───── PROVIDED RECORDS

// A part of a value. A struct's value has its matrices as they are stored.
fn extract<B: Builder>(builder: &mut B, operation: &Instruction) -> Value {
    let id = need(builder, operation, 0);
    let mut value = builder.value(id, operation);
    let mut ty = builder.type_of(id);
    let mut stored = Stored::PLAIN;
    for place in 1..builder.given_count(operation) {
        let index = need(builder, operation, place);
        let Some(part) = builder.part(ty, index) else {
            return refuse(builder, operation.malformed(Malformed::Index));
        };
        if part.split {
            value = split_matrix(builder, operation, value, &part);
            ty = part.ty;
            continue;
        }
        value = part_of(builder, operation, value, part.index);
        ty = part.ty;
        stored = stored.around(&part.stored);
        if let Some(matrix) = MatrixShape::of(&builder.shape(ty)) {
            value = plain_matrix(builder, operation, value, &matrix, stored);
            stored = Stored::PLAIN;
        }
    }
    if stored.is_plain() {
        return value;
    }
    let plain = plain_array(builder, operation, value, ty, stored);
    let error = stored.unsupported(operation, Feature::ExtractOfRowMajor);
    given_or_refused(builder, plain, error)
}

// A matrix whose columns or rows are members of a struct's value.
fn split_matrix<B: Builder>(
    builder: &mut B,
    operation: &Instruction,
    value: Value,
    part: &MemberShape,
) -> Value {
    let Some(matrix) = MatrixShape::of(&builder.shape(part.ty)) else {
        let error = part.stored.unsupported(operation, Feature::RowMajorStruct);
        return refuse(builder, error);
    };
    let (lines, _) = matrix.lines(part.stored.row_major);
    let components = parts_from(builder, operation, value, part.index, u32::from(lines));
    let ty = builder.stored_matrix(&matrix, part.stored);
    let whole = compose(builder, operation, ty, components);
    plain_matrix(builder, operation, whole, &matrix, part.stored)
}

/// A matrix that is stored so, as the IR has it.
pub fn plain_matrix<B: Builder>(
    builder: &mut B,
    operation: &Instruction,
    value: Value,
    matrix: &MatrixShape,
    stored: Stored,
) -> Value {
    let mut value = value;
    if stored.stride != 0 {
        let unstrided = Stored {
            row_major: stored.row_major,
            stride: 0,
        };
        value = repacked(builder, operation, value, matrix, stored, unstrided);
    }
    transposed(builder, operation, value, stored.row_major)
}

/// A matrix as it is stored so.
pub fn relaid_matrix<B: Builder>(
    builder: &mut B,
    operation: &Instruction,
    value: Value,
    matrix: &MatrixShape,
    stored: Stored,
) -> Value {
    let value = transposed(builder, operation, value, stored.row_major);
    if stored.stride == 0 {
        return value;
    }
    let unstrided = Stored {
        row_major: stored.row_major,
        stride: 0,
    };
    repacked(builder, operation, value, matrix, unstrided, stored)
}

// The columns or rows of a matrix, composed as the type in which it is stored.
fn repacked<B: Builder>(
    builder: &mut B,
    operation: &Instruction,
    value: Value,
    matrix: &MatrixShape,
    from: Stored,
    to: Stored,
) -> Value {
    let (lines, length) = matrix.lines(from.row_major);
    let mut components = Vec::new(builder.alloc());
    for index in 0..u32::from(lines) {
        let mut part = part_of(builder, operation, value, index);
        if from.is_packed(matrix) {
            part = plain_line(builder, operation, part, length, matrix.scalar);
        }
        if to.is_packed(matrix) {
            part = packed_line(builder, operation, part, length, matrix.scalar);
        }
        keep(builder, &mut components, part);
    }
    let ty = builder.stored_matrix(matrix, to);
    compose(builder, operation, ty, components)
}

/// A vector that is stored as an array of scalars.
pub fn plain_line<B: Builder>(
    builder: &mut B,
    operation: &Instruction,
    array: Value,
    length: VectorSize,
    scalar: Scalar,
) -> Value {
    let ty = builder.vector(Some(length), scalar);
    let components = parts_from(builder, operation, array, 0, u32::from(length));
    compose(builder, operation, ty, components)
}

/// A vector as the array of scalars that it is stored as.
pub fn packed_line<B: Builder>(
    builder: &mut B,
    operation: &Instruction,
    vector: Value,
    length: VectorSize,
    scalar: Scalar,
) -> Value {
    let ty = builder.packed_line(length, scalar);
    let components = parts_from(builder, operation, vector, 0, u32::from(length));
    compose(builder, operation, ty, components)
}

/// This many parts of a value in order, from this one on.
pub fn parts_from<B: Builder>(
    builder: &mut B,
    operation: &Instruction,
    value: Value,
    first: u32,
    count: u32,
) -> Vec<Value> {
    let mut parts = Vec::new(builder.alloc());
    for index in 0..count {
        let part = part_of(builder, operation, value, first.saturating_add(index));
        keep(builder, &mut parts, part);
    }
    parts
}

// A matrix, transposed where it is stored row by row.
fn transposed<B: Builder>(
    builder: &mut B,
    operation: &Instruction,
    value: Value,
    row_major: bool,
) -> Value {
    if !row_major {
        return value;
    }
    let none = [None, None, None];
    call(builder, operation, MathFunction::Transpose, value, none)
}

// `OpCompositeConstruct`: a value of all its parts; a vector may be given in smaller vectors.
fn construct<B: Builder>(builder: &mut B, operation: &Instruction) -> Value {
    let ty = operation.ty;
    let is_struct = matches!(builder.shape(ty), Shape::Struct { .. });
    let mut components = Vec::new(builder.alloc());
    let mut place = 0u32;
    for at in 0..builder.given_count(operation) {
        let value = operand(builder, operation, at);
        match builder.part(ty, place) {
            Some(part) if is_struct => {
                keep_member(builder, operation, &mut components, value, &part);
            }
            _ => keep(builder, &mut components, value),
        }
        place = place.saturating_add(1);
    }
    compose_result(builder, operation, components)
}

// Refuses structs whose matrices are not stored as the IR has them.
fn refuse_relaid<B: Builder>(builder: &mut B, operation: &Instruction, ty: u32) {
    let Shape::Struct { count, .. } = builder.shape(ty) else {
        return;
    };
    for place in 0..count {
        let stored = match builder.part(ty, place) {
            Some(part) => part.stored,
            None => Stored::PLAIN,
        };
        if !stored.is_plain() {
            builder.fail(stored.unsupported(operation, Feature::RowMajorStruct));
            return;
        }
    }
}

// The number of parts of a value of a type; 0 after an error.
fn count_parts<B: Builder>(builder: &mut B, operation: &Instruction, ty: u32) -> u32 {
    let count = match builder.shape(ty) {
        Shape::Vector { size, .. } => u32::from(size),
        Shape::Matrix { columns, .. } => u32::from(columns),
        Shape::Struct { count, .. } => count,
        Shape::Array {
            size: ArraySize::Constant(count),
            ..
        } => count,
        _ => {
            builder.fail(operation.malformed(Malformed::WrongType));
            0
        }
    };
    if count > MAX_PARTS {
        builder.fail(operation.unsupported_by(Feature::LargeInsert));
    }
    if builder.has_failed() { 0 } else { count }
}
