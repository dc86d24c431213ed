//! Which gates depend on a gate.

ghost use Rattle.std.specs.Prelude.{◌≡◌, ℕ, true, false, ◌||◌, length, get_or, ◌==◌, slice_index_or};
ghost use Rattle.drawing.specs.Drawing.{fanins};
ghost use Rattle.drawing.specs.Reach.{depends};
ghost use Rattle.drawing.specs.Sets.{below, some};
ghost use Rattle.drawing.specs.Tables.{drawing_of};

use drawing::node::Node;
use drawing::table::Table;
use drawing::table::calls::MOST_NODES;

/// Whether some fanin of the node is marked.
fn leads_to_marked(node: Node, marks: &[bool]) -> bool
    requires { below (length marks.now) (fanins node) ≡ true }
    ensures { result ≡ some (λ f. get_or marks.now f false) (fanins node) }
{
    match node {
        Node::Gate(pair) => marks[(pair.left / 2) as usize] || marks[(pair.right / 2) as usize],
        Node::Constant | Node::Input => false,
    }
}

/// Marks a node and every gate that depends on it: one pass by rising number.
pub fn dependents(table: &Table, of: u8) -> [bool; 256]
    ensures { (u : ℕ) → slice_index_or result u false ≡ (u == of || depends (drawing_of table.now).nodes of u) }
{
    let mut marks = [false; MOST_NODES];
    marks[usize::from(of)] = true;
    for (v, node) in table.nodes().iter().enumerate() {
        if leads_to_marked(*node, &marks) {
            marks[v] = true;
        }
    }
    marks
}
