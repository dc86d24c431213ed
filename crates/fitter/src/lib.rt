//! The job: a drawing, a width and kept lists of cuts, and the calls that handle it.
#![tactic(auto)]

mod above;
pub mod job;
pub mod kept;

──────────

Look above for the line holding "fn leads_to_marked(node: Node, marks: &[bool])". Print it and every line after it, exactly, through the line holding "Node::Gate(pair) => marks[(pair.left".

■ ANSWER FOR THIS EXERCISE
fn leads_to_marked(node: Node, marks: &[bool]) -> bool
    requires { below (length marks.now) (fanins node) ≡ true }
    ensures { result ≡ some (λ f. get_or marks.now f false) (fanins node) }
{
    match node {
        Node::Gate(pair) => marks[(pair.left / 2) as usize] || marks[(pair.right / 2) as usize],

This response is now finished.